*Problem to solve*
Going down the data below, set down exactly the line with "fn arguments_text(alloc: Global, args: &[(u32, Option<u32>)])" and each line after it through the line with "let target = target_text(alloc, to, bounds)?;"; no other lines.
═══ Input ═══
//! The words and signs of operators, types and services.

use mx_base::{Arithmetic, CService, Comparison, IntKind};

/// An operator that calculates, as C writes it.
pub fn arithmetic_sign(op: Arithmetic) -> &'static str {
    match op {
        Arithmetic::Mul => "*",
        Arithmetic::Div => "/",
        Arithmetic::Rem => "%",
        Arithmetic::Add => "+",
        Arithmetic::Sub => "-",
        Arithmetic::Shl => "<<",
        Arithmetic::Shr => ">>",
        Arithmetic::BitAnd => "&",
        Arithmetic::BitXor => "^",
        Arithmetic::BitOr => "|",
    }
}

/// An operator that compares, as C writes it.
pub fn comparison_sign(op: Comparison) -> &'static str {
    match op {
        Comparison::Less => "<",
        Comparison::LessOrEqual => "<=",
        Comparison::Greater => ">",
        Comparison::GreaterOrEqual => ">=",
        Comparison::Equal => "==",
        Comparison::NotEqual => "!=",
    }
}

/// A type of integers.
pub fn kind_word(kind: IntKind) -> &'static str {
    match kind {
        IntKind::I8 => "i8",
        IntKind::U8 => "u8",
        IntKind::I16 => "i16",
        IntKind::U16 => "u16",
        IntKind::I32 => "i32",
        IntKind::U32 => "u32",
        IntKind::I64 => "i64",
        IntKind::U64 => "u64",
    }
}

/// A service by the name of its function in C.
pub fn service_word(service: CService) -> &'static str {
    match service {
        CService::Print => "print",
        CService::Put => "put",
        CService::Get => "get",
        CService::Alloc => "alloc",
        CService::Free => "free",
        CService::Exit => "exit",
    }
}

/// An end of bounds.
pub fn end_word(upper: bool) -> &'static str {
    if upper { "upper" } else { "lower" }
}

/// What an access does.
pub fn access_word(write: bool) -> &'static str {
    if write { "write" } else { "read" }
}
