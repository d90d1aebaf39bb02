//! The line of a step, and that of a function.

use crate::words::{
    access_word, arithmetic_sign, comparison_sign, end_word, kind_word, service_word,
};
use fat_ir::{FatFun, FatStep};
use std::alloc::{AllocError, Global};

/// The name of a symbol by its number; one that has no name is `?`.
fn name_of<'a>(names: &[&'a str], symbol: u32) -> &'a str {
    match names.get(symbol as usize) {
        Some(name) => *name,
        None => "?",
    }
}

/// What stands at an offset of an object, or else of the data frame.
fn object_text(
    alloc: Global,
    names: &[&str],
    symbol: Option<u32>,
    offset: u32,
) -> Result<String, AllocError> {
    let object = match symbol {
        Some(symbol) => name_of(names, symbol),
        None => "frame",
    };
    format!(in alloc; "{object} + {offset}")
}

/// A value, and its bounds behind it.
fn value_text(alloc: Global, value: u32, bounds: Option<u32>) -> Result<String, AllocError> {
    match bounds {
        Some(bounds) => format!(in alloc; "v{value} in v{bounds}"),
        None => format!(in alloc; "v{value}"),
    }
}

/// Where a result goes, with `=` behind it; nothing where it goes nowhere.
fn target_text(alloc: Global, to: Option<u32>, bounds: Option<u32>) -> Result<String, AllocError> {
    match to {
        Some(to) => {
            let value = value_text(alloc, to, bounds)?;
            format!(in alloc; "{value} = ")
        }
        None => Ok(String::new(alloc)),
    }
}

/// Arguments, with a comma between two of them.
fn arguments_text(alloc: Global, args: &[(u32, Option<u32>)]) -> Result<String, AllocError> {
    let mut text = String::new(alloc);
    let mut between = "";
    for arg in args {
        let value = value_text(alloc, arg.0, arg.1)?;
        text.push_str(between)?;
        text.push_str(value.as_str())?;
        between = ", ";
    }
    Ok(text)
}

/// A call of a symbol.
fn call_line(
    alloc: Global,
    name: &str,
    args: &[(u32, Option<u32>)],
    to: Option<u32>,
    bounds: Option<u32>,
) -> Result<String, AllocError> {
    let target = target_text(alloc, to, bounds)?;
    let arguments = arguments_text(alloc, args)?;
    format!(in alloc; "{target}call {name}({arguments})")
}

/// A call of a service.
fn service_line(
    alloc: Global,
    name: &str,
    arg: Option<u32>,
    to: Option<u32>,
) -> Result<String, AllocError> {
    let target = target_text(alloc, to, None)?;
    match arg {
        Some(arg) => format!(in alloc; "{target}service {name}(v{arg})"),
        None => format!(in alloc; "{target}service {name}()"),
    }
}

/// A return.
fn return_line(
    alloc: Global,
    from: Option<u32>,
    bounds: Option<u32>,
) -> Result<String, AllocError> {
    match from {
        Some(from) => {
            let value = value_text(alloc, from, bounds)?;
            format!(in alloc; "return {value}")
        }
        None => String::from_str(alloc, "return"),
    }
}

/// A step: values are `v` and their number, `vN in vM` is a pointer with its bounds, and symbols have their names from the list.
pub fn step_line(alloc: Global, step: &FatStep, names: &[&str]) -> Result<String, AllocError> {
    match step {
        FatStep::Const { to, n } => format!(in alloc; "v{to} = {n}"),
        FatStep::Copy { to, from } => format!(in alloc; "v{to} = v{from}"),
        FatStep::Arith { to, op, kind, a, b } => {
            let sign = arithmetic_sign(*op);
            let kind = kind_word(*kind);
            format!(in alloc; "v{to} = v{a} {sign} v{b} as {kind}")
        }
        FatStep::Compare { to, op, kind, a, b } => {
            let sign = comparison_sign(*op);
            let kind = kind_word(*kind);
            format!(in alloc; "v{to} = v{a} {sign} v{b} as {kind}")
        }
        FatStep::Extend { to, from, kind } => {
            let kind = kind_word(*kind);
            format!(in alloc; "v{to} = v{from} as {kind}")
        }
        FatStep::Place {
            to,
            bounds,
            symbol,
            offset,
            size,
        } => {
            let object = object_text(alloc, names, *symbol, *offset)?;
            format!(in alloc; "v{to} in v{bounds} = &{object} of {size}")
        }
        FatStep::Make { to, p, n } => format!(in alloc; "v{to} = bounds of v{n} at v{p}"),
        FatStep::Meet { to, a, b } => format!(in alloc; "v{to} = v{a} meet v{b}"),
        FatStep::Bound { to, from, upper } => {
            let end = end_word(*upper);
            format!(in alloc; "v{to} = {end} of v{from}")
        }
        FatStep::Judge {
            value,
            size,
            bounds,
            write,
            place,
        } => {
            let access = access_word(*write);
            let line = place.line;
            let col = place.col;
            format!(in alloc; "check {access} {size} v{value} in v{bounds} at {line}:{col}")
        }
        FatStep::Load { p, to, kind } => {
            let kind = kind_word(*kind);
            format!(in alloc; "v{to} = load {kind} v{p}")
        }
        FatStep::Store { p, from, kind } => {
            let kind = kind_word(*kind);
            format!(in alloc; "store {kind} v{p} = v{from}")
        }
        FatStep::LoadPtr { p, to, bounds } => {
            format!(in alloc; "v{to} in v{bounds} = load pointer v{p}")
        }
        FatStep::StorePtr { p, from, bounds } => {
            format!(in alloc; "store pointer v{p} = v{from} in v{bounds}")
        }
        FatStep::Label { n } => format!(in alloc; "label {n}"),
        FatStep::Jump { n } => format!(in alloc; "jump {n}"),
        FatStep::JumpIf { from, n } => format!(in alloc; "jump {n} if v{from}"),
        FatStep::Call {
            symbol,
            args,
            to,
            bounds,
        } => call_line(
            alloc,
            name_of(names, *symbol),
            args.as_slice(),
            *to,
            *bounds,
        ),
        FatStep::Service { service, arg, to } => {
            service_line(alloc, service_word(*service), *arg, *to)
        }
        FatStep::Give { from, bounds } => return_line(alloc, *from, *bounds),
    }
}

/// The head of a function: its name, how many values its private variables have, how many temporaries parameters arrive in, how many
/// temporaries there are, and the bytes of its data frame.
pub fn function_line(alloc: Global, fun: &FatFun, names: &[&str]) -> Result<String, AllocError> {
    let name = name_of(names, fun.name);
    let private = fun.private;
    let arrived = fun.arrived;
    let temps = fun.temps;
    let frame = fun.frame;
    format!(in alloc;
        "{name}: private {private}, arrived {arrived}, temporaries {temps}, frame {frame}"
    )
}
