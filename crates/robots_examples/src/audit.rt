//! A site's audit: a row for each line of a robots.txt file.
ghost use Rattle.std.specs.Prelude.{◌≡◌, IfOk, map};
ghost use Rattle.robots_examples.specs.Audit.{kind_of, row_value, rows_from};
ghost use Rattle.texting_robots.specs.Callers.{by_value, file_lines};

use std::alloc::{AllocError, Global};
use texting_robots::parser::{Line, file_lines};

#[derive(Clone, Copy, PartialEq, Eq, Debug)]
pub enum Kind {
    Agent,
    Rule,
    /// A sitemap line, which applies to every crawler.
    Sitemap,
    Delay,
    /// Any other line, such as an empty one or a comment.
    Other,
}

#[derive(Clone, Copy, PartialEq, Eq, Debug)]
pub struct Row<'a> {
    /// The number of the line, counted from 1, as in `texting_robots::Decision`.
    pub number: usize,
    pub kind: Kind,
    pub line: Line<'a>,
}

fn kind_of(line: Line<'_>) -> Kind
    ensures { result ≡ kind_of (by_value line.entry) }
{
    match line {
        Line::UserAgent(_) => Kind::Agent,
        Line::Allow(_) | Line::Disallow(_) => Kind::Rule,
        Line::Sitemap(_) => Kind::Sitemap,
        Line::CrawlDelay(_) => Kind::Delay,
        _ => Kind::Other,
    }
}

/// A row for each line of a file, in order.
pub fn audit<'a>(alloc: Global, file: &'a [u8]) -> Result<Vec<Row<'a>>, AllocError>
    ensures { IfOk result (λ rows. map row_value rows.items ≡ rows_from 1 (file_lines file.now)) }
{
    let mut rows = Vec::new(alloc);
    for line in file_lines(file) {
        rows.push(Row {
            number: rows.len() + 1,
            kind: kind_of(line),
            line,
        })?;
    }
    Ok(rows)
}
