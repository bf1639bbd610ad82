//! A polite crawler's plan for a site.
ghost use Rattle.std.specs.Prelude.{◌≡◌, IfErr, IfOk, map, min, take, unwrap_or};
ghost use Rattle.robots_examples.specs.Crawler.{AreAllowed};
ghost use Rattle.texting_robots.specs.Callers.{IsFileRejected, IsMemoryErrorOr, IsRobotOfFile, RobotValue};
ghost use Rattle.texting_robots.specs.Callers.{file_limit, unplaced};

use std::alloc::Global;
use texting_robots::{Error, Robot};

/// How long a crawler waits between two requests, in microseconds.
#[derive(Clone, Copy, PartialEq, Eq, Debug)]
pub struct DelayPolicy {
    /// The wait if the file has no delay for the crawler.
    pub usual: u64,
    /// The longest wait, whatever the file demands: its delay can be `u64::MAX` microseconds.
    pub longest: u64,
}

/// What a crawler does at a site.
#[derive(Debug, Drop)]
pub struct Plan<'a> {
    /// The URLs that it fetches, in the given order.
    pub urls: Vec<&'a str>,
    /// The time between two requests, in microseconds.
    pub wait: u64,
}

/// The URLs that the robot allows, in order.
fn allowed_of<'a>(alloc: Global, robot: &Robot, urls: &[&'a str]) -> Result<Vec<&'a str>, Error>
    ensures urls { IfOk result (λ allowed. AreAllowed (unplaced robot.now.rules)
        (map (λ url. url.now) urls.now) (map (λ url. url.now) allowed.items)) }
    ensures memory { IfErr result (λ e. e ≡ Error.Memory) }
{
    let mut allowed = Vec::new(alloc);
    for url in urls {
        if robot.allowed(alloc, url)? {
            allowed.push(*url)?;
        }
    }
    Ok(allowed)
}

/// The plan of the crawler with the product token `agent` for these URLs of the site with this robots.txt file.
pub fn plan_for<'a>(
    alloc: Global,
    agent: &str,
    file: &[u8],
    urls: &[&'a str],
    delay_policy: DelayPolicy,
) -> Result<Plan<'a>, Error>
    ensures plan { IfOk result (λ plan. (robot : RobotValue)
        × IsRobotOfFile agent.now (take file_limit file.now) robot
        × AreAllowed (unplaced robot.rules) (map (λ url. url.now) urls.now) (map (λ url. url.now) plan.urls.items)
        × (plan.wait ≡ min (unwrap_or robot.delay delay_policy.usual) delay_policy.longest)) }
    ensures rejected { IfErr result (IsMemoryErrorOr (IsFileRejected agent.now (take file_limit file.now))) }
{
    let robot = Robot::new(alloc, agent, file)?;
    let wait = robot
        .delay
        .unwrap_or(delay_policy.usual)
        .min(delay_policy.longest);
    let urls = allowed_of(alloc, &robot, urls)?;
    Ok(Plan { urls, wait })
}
═══
*Your response*
fn arguments_text(alloc: Global, args: &[(u32, Option<u32>)]) -> Result<String, AllocError> {
    let mut text = String::new(alloc);
    let mut between = "";
    for arg in args {
        let value = value_text(alloc, arg.0, arg.1)?;
        text.push_str(between)?;
        text.push_str(value.as_str())?;
        between = ", ";
    }
    Ok(text)
}

/// A call of a symbol.
fn call_line(
    alloc: Global,
    name: &str,
    args: &[(u32, Option<u32>)],
    to: Option<u32>,
    bounds: Option<u32>,
) -> Result<String, AllocError> {
    let target = target_text(alloc, to, bounds)?;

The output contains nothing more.